>>>>
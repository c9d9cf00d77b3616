// The plain rounds, all but the echoes (crates/rounds, Table): `judge` is the content check of the messages received and `keep` what stays
// of them; `make` keeps what the next messages need and writes them. The round's number is public and chooses; the rounds' own crates do
// the work. Own messages are never read.
#![tactic(auto)]

ghost use Rattle.std.specs.Prelude.{◌≡◌, true, ◌≢◌, ◌-◌, ◌*◌, ◌≤◌, length};
ghost use Rattle.plan.specs.Plan.{FABITN, kind_of, count_due, msg_len};
ghost use Rattle.engine.specs.Step.{Loan, mask};
ghost use Rattle.engine.specs.Area.{to_others};
ghost use Rattle.rounds.specs.Mail.{letter};
ghost use Rattle.rounds.specs.FaultLaws.{Finds};
ghost use Rattle.rounds.specs.EchoLaws.{Received};
ghost use Rattle.rounds.specs.Table as Table;
ghost use Rattle.area.specs.Given.{Work};
ghost use Rattle.plain.specs.Plain.{plain};
ghost use Rattle.plain.specs.Held.{Held};

use engine::{Frame, Verdict};
use rounds::Mail;

// The content of the messages of round k: the first fault. Echoes have none of their own.
pub fn judge(work: &[u8], incoming: &[u8], mail: Mail, f: Frame, k: usize) -> Verdict
    requires work { Work f work.now }
    requires received { Received (kind_of f.l k) (count_due f.n f.l k) f incoming.now mail }
    ensures { Finds result (Table.judge k f work.now (mask f (letter incoming.now mail))) }
{
    match k {
        plan::RNG_VER => toss_recv::judge(work, area::COMMS, incoming, mail, f),
        plan::PAIR_VER => toss_recv::judge(work, area::PAIR_COMMS, incoming, mail, f),
        plan::FABITN => fabitn_recv::judge(work, incoming, mail, f),
        plan::FASHARE_VER => fashare_ver_recv::judge(work, incoming, mail, f),
        plan::FASHARE_DIBI => fashare_dibi::judge(work, incoming, mail, f),
        plan::FLAAND_HASH => flaand_hash::judge(work, incoming, mail, f),
        plan::DVALUE => dvalue_recv::judge(work, incoming, mail, f),
        plan::FAAND => faand_recv::judge(work, incoming, mail, f),
        _ => Ok(()),
    }
}

// What is kept of the messages of round k, in which no fault was found.
pub fn keep(work: &mut [u8], incoming: &[u8], mail: Mail, f: Frame, k: usize)
    requires work { Work f work.old }
    requires received { Received (kind_of f.l k) (count_due f.n f.l k) f incoming.now mail }
    requires mail_value { (Table.judge k f work.old (mask f (letter incoming.now mail))).code ≡ 0 }
    ensures { work.new ≡ Table.kept k f work.old (mask f (letter incoming.now mail)) }
{
    match k {
        plan::RNG_COMM => toss_recv::keep_told(work, area::COMMS, incoming, mail, f),
        plan::RNG_VER => toss_recv::keep_joint(work, incoming, mail, f),
        plan::PAIR_COMM => toss_recv::keep_told(work, area::PAIR_COMMS, incoming, mail, f),
        plan::PAIR_VER => toss_recv::keep_pairwise(work, incoming, mail, f),
        plan::FASHARE_COMM => fashare_comm::keep(work, incoming, mail, f),
        plan::FASHARE_VER => fashare_ver_recv::keep(work, incoming, mail, f),
        plan::HAAND => haand_recv::keep(work, incoming, mail, f),
        plan::FLAAND => flaand::keep(work, incoming, mail, f),
        plan::FLAAND_COMM => flaand_comm::keep(work, incoming, mail, f),
        plan::DVALUE => dvalue_recv::keep(work, incoming, mail, f),
        _ => {}
    }
}

// What is kept when the messages of round k are made, of all rounds but `fabitn`.
fn hold(work: &mut [u8], f: Frame, k: usize)
    requires work { Work f work.old }
    requires k_nonzero { k ≢ FABITN }
    ensures { (q : Loan) → work.new ≡ Table.held k f q work.old }
{
    match k {
        plan::HAAND => haand_rows::hold(work, f),
        plan::FLAAND_COMM => flaand_comm::hold(work, f),
        plan::DVALUE => buckets::hold(work, f),
        plan::FAAND => triples::hold(work, f),
        _ => {}
    }
}

// The messages of round k, of all rounds but `fabitn`. Those of rounds 14 and 17 are made from what `hold` kept.
fn write(out: &mut [u8], work: &[u8], f: Frame, k: usize)
    requires work { Work f work.now }
    requires k_value { (plain k ≡ true) × (length out.old ≡ (f.n - 1) * msg_len f.n f.l k) }
    requires k_nonzero { (k ≢ FABITN) × Held k f work.now }
    ensures { (q : Loan) → out.new ≡ to_others f.n f.i (Table.written k f q work.now) }
{
    match k {
        plan::RNG_COMM => toss::write_commitments(out, work, f),
        plan::RNG_VER => toss::write_seed(out, work, f),
        plan::PAIR_COMM => toss::write_pair_commitments(out, work, f),
        plan::PAIR_VER => toss::write_pair_seeds(out, work, f),
        plan::FASHARE_COMM => fashare_comm::write(out, work, f),
        plan::FASHARE_VER => fashare_ver::write(out, work, f),
        plan::FASHARE_DIBI => fashare_dibi::write(out, work, f),
        plan::HAAND => haand::write(out, work, f),
        plan::FLAAND => flaand::write(out, work, f),
        plan::FLAAND_COMM => flaand_comm::write(out, work, f),
        plan::FLAAND_HASH => flaand_hash::write(out, work, f),
        plan::DVALUE => dvalue::write(out, work, f),
        plan::FAAND => faand::write(out, work, f),
        _ => {}
    }
}

// The messages of round k are made: what they need is kept, then they are written. In `fabitn` both are made of the same strings.
pub fn make(work: &mut [u8], out: &mut [u8], r: &[u8], f: Frame, k: usize)
    requires work { Work f work.old }
    requires k_value { (plain k ≡ true) × (length out.old ≡ (f.n - 1) * msg_len f.n f.l k) }
    requires r_value { Table.lent k f.n f.l (record { r = r.now }) ≡ 0 }
    ensures { (work.new ≡ Table.held k f (record { r = r.now }) work.old)
        × (out.new ≡ to_others f.n f.i (Table.written k f (record { r = r.now })
        (Table.held k f (record { r = r.now }) work.old))) }
{
    if k == plan::FABITN {
        fabitn::make(work, out, r, f);
    } else {
        hold(work, f, k);
        write(out, work, f, k);
    }
}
<<<<
WORK ITEM
Every entry above should be given again exactly as shown.

WRITTEN RESPONSE
repository c9d9cf00d77b3616
// The plain rounds, all but the echoes (crates/rounds, Table): `judge` is the content check of the messages received and `keep` what stays
// of them; `make` keeps what the next messages need and writes them. The round's number is public and chooses; the rounds' own crates do
// the work. Own messages are never read.
#![tactic(auto)]

ghost use Rattle.std.specs.Prelude.{◌≡◌, true, ◌≢◌, ◌-◌, ◌*◌, ◌≤◌, length};
ghost use Rattle.plan.specs.Plan.{FABITN, kind_of, count_due, msg_len};
ghost use Rattle.engine.specs.Step.{Loan, mask};
ghost use Rattle.engine.specs.Area.{to_others};
ghost use Rattle.rounds.specs.Mail.{letter};
ghost use Rattle.rounds.specs.FaultLaws.{Finds};
ghost use Rattle.rounds.specs.EchoLaws.{Received};
ghost use Rattle.rounds.specs.Table as Table;
ghost use Rattle.area.specs.Given.{Work};
ghost use Rattle.plain.specs.Plain.{plain};
ghost use Rattle.plain.specs.Held.{Held};

use engine::{Frame, Verdict};
use rounds::Mail;

// The content of the messages of round k: the first fault. Echoes have none of their own.
pub fn judge(work: &[u8], incoming: &[u8], mail: Mail, f: Frame, k: usize) -> Verdict
    requires work { Work f work.now }
    requires received { Received (kind_of f.l k) (count_due f.n f.l k) f incoming.now mail }
    ensures { Finds result (Table.judge k f work.now (mask f (letter incoming.now mail))) }
{
    match k {
        plan::RNG_VER => toss_recv::judge(work, area::COMMS, incoming, mail, f),
        plan::PAIR_VER => toss_recv::judge(work, area::PAIR_COMMS, incoming, mail, f),
        plan::FABITN => fabitn_recv::judge(work, incoming, mail, f),
        plan::FASHARE_VER => fashare_ver_recv::judge(work, incoming, mail, f),
        plan::FASHARE_DIBI => fashare_dibi::judge(work, incoming, mail, f),
        plan::FLAAND_HASH => flaand_hash::judge(work, incoming, mail, f),
        plan::DVALUE => dvalue_recv::judge(work, incoming, mail, f),
        plan::FAAND => faand_recv::judge(work, incoming, mail, f),
        _ => Ok(()),
    }
}

// What is kept of the messages of round k, in which no fault was found.
pub fn keep(work: &mut [u8], incoming: &[u8], mail: Mail, f: Frame, k: usize)
    requires work { Work f work.old }
    requires received { Received (kind_of f.l k) (count_due f.n f.l k) f incoming.now mail }
    requires mail_value { (Table.judge k f work.old (mask f (letter incoming.now mail))).code ≡ 0 }
    ensures { work.new ≡ Table.kept k f work.old (mask f (letter incoming.now mail)) }
{
    match k {
        plan::RNG_COMM => toss_recv::keep_told(work, area::COMMS, incoming, mail, f),
        plan::RNG_VER => toss_recv::keep_joint(work, incoming, mail, f),
        plan::PAIR_COMM => toss_recv::keep_told(work, area::PAIR_COMMS, incoming, mail, f),
        plan::PAIR_VER => toss_recv::keep_pairwise(work, incoming, mail, f),
        plan::FASHARE_COMM => fashare_comm::keep(work, incoming, mail, f),
        plan::FASHARE_VER => fashare_ver_recv::keep(work, incoming, mail, f),
        plan::HAAND => haand_recv::keep(work, incoming, mail, f),
        plan::FLAAND => flaand::keep(work, incoming, mail, f),
        plan::FLAAND_COMM => flaand_comm::keep(work, incoming, mail, f),
        plan::DVALUE => dvalue_recv::keep(work, incoming, mail, f),
        _ => {}
    }
}

// What is kept when the messages of round k are made, of all rounds but `fabitn`.
fn hold(work: &mut [u8], f: Frame, k: usize)
    requires work { Work f work.old }
    requires k_nonzero { k ≢ FABITN }
    ensures { (q : Loan) → work.new ≡ Table.held k f q work.old }
{
    match k {
        plan::HAAND => haand_rows::hold(work, f),
        plan::FLAAND_COMM => flaand_comm::hold(work, f),
        plan::DVALUE => buckets::hold(work, f),
        plan::FAAND => triples::hold(work, f),
        _ => {}
    }
}

// The messages of round k, of all rounds but `fabitn`. Those of rounds 14 and 17 are made from what `hold` kept.
fn write(out: &mut [u8], work: &[u8], f: Frame, k: usize)
    requires work { Work f work.now }
    requires k_value { (plain k ≡ true) × (length out.old ≡ (f.n - 1) * msg_len f.n f.l k) }
    requires k_nonzero { (k ≢ FABITN) × Held k f work.now }
    ensures { (q : Loan) → out.new ≡ to_others f.n f.i (Table.written k f q work.now) }
{
    match k {
        plan::RNG_COMM => toss::write_commitments(out, work, f),
        plan::RNG_VER => toss::write_seed(out, work, f),
        plan::PAIR_COMM => toss::write_pair_commitments(out, work, f),
        plan::PAIR_VER => toss::write_pair_seeds(out, work, f),
        plan::FASHARE_COMM => fashare_comm::write(out, work, f),
        plan::FASHARE_VER => fashare_ver::write(out, work, f),
        plan::FASHARE_DIBI => fashare_dibi::write(out, work, f),
        plan::HAAND => haand::write(out, work, f),
        plan::FLAAND => flaand::write(out, work, f),
        plan::FLAAND_COMM => flaand_comm::write(out, work, f),
        plan::FLAAND_HASH => flaand_hash::write(out, work, f),
        plan::DVALUE => dvalue::write(out, work, f),
        plan::FAAND => faand::write(out, work, f),
        _ => {}
    }
}

// The messages of round k are made: what they need is kept, then they are written. In `fabitn` both are made of the same strings.
pub fn make(work: &mut [u8], out: &mut [u8], r: &[u8], f: Frame, k: usize)
    requires work { Work f work.old }
    requires k_value { (plain k ≡ true) × (length out.old ≡ (f.n - 1) * msg_len f.n f.l k) }
    requires r_value { Table.lent k f.n f.l (record { r = r.now }) ≡ 0 }
    ensures { (work.new ≡ Table.held k f (record { r = r.now }) work.old)
        × (out.new ≡ to_others f.n f.i (Table.written k f (record { r = r.now })
        (Table.held k f (record { r = r.now }) work.old))) }
{
    if k == plan::FABITN {
        fabitn::make(work, out, r, f);
    } else {
        hold(work, f, k);
        write(out, work, f, k);
    }
}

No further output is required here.